**WORK INSTRUCTIONS**
After finding the line that contains "impl<M: Meant> Act", give again that line and each one following it, exactly, until the records end.

━━━━━ EXERCISE INPUTS

//! The theorems about causes of statuses, as contracts of lemma functions without a body.

ghost use Rattle.run_spec.specs.runs.CommandLaws.{Follow};
ghost use Rattle.run_spec.specs.runs.Commands.{Commands};
ghost use Rattle.run_spec.specs.runs.Lawful.{AreLawful, AreInTurns};
ghost use Rattle.run_spec.specs.exit_causes.Causes.{Tables, HaveShown, AreExact, Causes};

use crate::runs::laws::{Act, files_in_turns, run_spec_of_commands};
use std::marker::PhantomData;

/// Commands together with the tables of their exit statuses.
pub trait Meant {
    ghost acts: { Type 0 };

    ghost commands: { Commands acts };

    ghost tables: { Tables acts };
}

/// The commands of `M` without their tables.
pub struct Of<M>(PhantomData<M>);

impl<M: Meant> Act for Of<M> {
    ghost acts = { M.acts };

    ghost commands = { M.commands };
}

/// States that an input determines a status if and only if the tables list the status for the
/// input, if the tables are exact.
pub fn tables_show<M: Meant>()
    requires { AreExact M.commands M.tables }
    ensures { HaveShown M.commands M.tables }
{}

/// States that each returned status has its cause, and that each cause leads to its status, if the
/// tables are exact.
pub fn causes_of_tables<M: Meant>()
    requires lawful { AreLawful M.commands }
    requires turns { AreInTurns M.commands }
    requires exact { AreExact M.commands M.tables }
    ensures { Follow M.commands (Causes M.commands M.tables) }
{
    run_spec_of_commands::<Of<M>>();
    files_in_turns::<Of<M>>();
}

━━━━━━━━━━

**TASK RESPONSE**
impl<M: Meant> Act for Of<M> {
    ghost acts = { M.acts };

    ghost commands = { M.commands };
}

/// States that an input determines a status if and only if the tables list the status for the
/// input, if the tables are exact.
pub fn tables_show<M: Meant>()
    requires { AreExact M.commands M.tables }
    ensures { HaveShown M.commands M.tables }
{}

/// States that each returned status has its cause, and that each cause leads to its status, if the
/// tables are exact.
pub fn causes_of_tables<M: Meant>()
    requires lawful { AreLawful M.commands }
    requires turns { AreInTurns M.commands }
    requires exact { AreExact M.commands M.tables }
    ensures { Follow M.commands (Causes M.commands M.tables) }
{
    run_spec_of_commands::<Of<M>>();
    files_in_turns::<Of<M>>();
}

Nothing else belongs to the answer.